You can try running the benchmarks yourself by running cargo bench
in the benches
dir.
- Since all libraries have a different XML support, benchmarking is a bit pointless.
- We bench libxml2 using the rust-libxml wrapper crate
Memory overhead
roxmltree
tries to use as little memory as possible to allow parsing
very large (multi-GB) XML files.
The peak memory usage doesn't directly correlate with the file size but rather with the amount of nodes and attributes a file has. How many attributes had to be normalized (i.e. allocated). And how many text nodes had to be preprocessed (i.e. allocated).
roxmltree
never allocates element and attribute names, processing instructions
and comments.
By disabling the positions
feature, you can shave 8 bytes from each node and attribute.
On average, the overhead is around 6-8x the file size.
For example, our 1.1GB sample XML will peak at 7.6GB RAM with default features enabled
and at 6.8GB RAM when positions
is disabled.
Safety
- This library must not panic. Any panic should be considered a critical bug and reported.
- This library forbids
unsafe
code.
API
This library uses Rust's idiomatic API based on iterators. In case you are more familiar with browser/JS DOM APIs - you can check out tests/dom-api.rs to see how it can be mapped onto the Rust one.
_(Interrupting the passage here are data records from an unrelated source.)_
//! Calls of any keeper.

use ep_outside::{KeepBad, Keeper, Pair, Put, Text};
use ep_units::NoMemory;
use std::alloc::Global;

fn value_of(alloc: Global, value: Option<&str>) -> Result<Option<Text>, NoMemory> {
    let Some(value) = value else {
        return Ok(None);
    };
    let text = Text::from_str(alloc, value)?;
    Ok(Some(text))
}

fn put(alloc: Global, key: &str, value: Option<&str>) -> Result<Put, NoMemory> {
    let key = Text::from_str(alloc, key)?;
    let value = value_of(alloc, value)?;
    Ok(Put { key, value })
}

fn puts(alloc: Global, rows: &[(&str, Option<&str>)]) -> Result<Vec<Put>, NoMemory> {
    let mut puts = Vec::new(alloc);
    for (key, value) in rows {
        let put = put(alloc, key, *value)?;
        puts.push(put)?;
    }
    Ok(puts)
}

/// Puts all of them in one call.
pub fn put_all<K: Keeper>(
    alloc: Global,
    keeper: &mut K,
    rows: &[(&str, Option<&str>)],
) -> Result<(), KeepBad> {
    let puts = puts(alloc, rows)?;
    keeper.put_all(puts.as_slice())
}

/// Whether this stands under a key.
pub fn is_got<K: Keeper>(keeper: &mut K, key: &str, wanted: Option<&str>) -> Result<bool, KeepBad> {
    let value = keeper.get(key)?;
    Ok(value.as_ref().map(|text| text.as_str()) == wanted)
}

fn are_pairs(pairs: &[Pair], wanted: &[(&str, &str)]) -> bool {
    if pairs.len() != wanted.len() {
        return false;
    }
    for (pair, (key, value)) in pairs.iter().zip(wanted) {
        if pair.key.as_str() != *key || pair.value.as_str() != *value {
            return false;
        }
    }
    true
}

/// Whether just these pairs have keys that begin so.
pub fn are_listed<K: Keeper>(
    keeper: &mut K,
    prefix: &str,
    wanted: &[(&str, &str)],
) -> Result<bool, KeepBad> {
    let pairs = keeper.list_prefix(prefix)?;
    Ok(are_pairs(pairs.as_slice(), wanted))
}

/// Whether the keeper fails to get.
pub fn get_fails<K: Keeper>(keeper: &mut K, key: &str) -> bool {
    matches!(keeper.get(key), Err(KeepBad::Failed))
}

/// Whether the keeper fails to put.
pub fn put_fails<K: Keeper>(alloc: Global, keeper: &mut K, rows: &[(&str, Option<&str>)]) -> bool {
    matches!(put_all(alloc, keeper, rows), Err(KeepBad::Failed))
}

/// Whether the keeper fails to list.
pub fn list_fails<K: Keeper>(keeper: &mut K, prefix: &str) -> bool {
    matches!(keeper.list_prefix(prefix), Err(KeepBad::Failed))
}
Built on top of this API, a mapping to the Serde data model
is available via the serde-roxmltree
crate.
License
Licensed under either of
at your option.
Contribution
Unless you explicitly state otherwise, any contribution intentionally submitted for inclusion in the work by you, as defined in the Apache-2.0 license, shall be dual licensed as above, without any additional terms or conditions.